Give back only one number: how many lines in the data below contain the word "each".

========================================================================

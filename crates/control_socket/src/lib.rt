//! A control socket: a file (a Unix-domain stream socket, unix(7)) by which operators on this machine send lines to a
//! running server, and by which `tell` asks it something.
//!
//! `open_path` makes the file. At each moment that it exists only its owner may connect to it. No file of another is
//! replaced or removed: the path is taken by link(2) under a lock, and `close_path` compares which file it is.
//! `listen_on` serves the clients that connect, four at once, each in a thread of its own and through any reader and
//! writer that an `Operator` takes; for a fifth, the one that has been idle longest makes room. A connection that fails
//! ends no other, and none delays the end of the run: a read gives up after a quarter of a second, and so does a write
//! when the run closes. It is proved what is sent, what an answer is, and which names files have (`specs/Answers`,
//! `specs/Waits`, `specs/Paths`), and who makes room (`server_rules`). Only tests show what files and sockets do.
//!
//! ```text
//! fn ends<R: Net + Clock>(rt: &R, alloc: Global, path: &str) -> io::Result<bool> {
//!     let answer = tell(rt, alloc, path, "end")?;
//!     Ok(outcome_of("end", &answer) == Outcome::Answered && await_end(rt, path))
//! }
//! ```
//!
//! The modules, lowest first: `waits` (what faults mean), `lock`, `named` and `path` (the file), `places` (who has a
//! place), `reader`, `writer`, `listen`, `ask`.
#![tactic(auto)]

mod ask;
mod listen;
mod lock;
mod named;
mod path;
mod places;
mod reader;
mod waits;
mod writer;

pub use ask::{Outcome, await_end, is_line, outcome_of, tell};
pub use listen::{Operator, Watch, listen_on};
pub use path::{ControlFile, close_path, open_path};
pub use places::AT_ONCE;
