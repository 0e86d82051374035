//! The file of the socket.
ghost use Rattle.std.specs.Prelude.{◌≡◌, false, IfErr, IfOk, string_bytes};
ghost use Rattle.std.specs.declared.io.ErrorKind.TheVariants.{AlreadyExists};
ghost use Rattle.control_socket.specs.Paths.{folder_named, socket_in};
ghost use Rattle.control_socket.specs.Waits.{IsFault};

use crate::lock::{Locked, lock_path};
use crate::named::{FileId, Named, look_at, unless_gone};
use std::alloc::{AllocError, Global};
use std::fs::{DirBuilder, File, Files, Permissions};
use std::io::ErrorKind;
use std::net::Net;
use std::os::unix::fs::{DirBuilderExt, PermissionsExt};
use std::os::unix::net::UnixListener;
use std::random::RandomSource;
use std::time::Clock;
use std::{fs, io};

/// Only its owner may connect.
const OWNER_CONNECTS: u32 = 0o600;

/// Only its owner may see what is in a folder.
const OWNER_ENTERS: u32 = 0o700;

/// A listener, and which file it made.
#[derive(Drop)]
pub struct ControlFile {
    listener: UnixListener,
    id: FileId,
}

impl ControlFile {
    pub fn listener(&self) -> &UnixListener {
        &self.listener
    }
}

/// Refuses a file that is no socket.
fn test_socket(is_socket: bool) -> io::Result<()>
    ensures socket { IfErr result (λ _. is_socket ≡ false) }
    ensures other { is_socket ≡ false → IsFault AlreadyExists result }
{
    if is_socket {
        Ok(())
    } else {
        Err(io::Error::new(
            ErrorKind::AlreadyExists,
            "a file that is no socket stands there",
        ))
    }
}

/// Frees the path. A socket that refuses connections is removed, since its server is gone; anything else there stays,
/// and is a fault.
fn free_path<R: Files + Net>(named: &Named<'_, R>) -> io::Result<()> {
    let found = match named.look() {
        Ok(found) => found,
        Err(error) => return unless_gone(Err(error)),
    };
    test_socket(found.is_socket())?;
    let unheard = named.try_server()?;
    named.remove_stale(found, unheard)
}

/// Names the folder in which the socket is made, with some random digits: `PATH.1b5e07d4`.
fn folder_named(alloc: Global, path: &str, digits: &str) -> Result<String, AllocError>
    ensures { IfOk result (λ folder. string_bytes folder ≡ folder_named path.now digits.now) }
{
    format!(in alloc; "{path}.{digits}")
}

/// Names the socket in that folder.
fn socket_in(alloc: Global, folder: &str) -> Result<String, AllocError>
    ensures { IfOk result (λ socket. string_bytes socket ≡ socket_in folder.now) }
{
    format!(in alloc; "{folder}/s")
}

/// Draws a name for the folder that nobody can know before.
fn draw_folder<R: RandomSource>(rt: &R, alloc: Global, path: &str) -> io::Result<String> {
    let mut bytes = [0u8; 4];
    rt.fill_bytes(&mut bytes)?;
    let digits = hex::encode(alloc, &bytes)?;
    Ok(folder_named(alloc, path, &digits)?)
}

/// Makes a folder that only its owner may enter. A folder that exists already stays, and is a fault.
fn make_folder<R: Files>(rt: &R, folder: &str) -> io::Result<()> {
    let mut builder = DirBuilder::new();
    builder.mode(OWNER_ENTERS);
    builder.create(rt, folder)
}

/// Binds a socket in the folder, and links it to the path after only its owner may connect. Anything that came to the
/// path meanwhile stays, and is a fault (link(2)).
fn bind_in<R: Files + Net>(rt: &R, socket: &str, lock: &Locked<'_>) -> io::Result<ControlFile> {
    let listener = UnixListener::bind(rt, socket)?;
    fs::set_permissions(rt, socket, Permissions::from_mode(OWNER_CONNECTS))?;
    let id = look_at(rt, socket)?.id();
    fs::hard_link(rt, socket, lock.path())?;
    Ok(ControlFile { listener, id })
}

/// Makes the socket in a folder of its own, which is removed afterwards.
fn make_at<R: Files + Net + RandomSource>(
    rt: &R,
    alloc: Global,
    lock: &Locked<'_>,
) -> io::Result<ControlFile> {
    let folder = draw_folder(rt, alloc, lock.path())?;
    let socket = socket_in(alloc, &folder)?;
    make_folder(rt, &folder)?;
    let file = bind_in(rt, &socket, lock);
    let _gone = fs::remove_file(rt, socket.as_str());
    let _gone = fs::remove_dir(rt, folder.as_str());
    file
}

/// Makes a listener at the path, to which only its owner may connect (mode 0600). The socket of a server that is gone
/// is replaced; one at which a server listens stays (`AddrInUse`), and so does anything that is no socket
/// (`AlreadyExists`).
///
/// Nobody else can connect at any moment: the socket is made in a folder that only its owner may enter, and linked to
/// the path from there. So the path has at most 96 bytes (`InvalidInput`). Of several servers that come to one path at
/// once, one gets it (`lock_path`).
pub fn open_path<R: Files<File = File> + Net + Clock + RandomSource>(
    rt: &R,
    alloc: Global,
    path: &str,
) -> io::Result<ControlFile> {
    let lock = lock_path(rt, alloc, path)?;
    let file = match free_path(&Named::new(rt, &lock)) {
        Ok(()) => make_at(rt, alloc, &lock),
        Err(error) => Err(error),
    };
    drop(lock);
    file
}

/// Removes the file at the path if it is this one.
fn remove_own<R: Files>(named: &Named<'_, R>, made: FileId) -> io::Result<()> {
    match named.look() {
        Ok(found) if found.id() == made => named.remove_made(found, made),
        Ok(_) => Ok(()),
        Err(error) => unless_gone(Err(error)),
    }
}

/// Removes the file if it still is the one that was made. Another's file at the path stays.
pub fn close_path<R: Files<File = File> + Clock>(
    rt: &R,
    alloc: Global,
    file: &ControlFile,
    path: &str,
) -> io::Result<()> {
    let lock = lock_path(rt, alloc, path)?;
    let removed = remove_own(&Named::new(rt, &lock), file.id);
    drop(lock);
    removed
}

========================================================================

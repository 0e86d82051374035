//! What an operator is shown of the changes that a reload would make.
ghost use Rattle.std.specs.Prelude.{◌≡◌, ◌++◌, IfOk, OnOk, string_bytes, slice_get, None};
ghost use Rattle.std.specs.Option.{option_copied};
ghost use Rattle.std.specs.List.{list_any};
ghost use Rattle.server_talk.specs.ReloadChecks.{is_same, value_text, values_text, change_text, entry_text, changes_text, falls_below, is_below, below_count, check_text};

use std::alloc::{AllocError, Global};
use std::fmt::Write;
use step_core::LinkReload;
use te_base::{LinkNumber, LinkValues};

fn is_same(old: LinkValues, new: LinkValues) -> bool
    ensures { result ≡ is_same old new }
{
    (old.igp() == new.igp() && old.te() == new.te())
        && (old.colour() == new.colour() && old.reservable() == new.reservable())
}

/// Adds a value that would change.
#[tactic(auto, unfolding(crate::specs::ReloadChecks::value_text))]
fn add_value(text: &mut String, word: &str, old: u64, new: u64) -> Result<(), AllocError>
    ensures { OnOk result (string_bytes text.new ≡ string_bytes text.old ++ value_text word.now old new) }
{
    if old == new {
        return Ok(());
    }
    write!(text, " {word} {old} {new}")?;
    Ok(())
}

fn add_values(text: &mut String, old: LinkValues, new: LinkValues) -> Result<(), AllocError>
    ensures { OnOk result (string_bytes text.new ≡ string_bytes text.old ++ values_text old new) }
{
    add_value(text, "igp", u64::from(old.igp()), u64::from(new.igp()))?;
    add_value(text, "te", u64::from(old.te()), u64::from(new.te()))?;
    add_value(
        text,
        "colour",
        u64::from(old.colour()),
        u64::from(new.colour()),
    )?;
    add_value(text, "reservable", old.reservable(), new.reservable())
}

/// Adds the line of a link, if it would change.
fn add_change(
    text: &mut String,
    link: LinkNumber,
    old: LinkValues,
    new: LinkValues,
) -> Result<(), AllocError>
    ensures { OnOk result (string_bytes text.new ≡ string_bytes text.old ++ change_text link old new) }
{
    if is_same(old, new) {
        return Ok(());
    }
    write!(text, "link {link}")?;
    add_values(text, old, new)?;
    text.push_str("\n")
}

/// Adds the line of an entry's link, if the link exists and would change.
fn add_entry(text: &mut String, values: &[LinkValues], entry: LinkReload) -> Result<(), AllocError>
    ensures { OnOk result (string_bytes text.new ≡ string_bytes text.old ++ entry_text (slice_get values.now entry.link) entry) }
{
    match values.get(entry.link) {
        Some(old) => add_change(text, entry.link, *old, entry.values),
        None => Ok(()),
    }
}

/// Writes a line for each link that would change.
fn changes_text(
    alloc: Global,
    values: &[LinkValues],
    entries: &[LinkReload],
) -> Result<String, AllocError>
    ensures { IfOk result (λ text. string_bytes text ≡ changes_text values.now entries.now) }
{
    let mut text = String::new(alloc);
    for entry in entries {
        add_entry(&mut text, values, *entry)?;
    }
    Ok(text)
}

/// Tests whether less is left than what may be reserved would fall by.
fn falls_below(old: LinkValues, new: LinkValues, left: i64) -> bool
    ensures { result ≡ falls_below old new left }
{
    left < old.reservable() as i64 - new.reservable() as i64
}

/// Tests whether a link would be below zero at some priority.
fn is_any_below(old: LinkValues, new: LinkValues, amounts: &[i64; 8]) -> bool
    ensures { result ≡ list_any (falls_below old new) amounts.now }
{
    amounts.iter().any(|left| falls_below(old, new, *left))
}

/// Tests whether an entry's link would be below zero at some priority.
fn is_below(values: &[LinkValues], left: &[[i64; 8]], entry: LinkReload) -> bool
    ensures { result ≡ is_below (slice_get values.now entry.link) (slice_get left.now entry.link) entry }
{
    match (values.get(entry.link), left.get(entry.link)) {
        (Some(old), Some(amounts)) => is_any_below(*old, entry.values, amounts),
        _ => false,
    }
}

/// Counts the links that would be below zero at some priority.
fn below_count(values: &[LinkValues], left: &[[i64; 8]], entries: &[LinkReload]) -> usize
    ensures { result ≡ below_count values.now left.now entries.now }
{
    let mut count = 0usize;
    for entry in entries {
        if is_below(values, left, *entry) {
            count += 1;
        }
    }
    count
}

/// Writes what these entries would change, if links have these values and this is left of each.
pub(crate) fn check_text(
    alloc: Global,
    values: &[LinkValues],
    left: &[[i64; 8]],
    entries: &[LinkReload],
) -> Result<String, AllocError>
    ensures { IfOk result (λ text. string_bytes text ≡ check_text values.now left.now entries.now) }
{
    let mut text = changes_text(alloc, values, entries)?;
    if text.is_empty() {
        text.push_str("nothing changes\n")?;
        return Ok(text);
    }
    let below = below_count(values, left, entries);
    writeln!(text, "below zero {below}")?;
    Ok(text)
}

========================================================================

• [WRITTEN RESPONSE]
4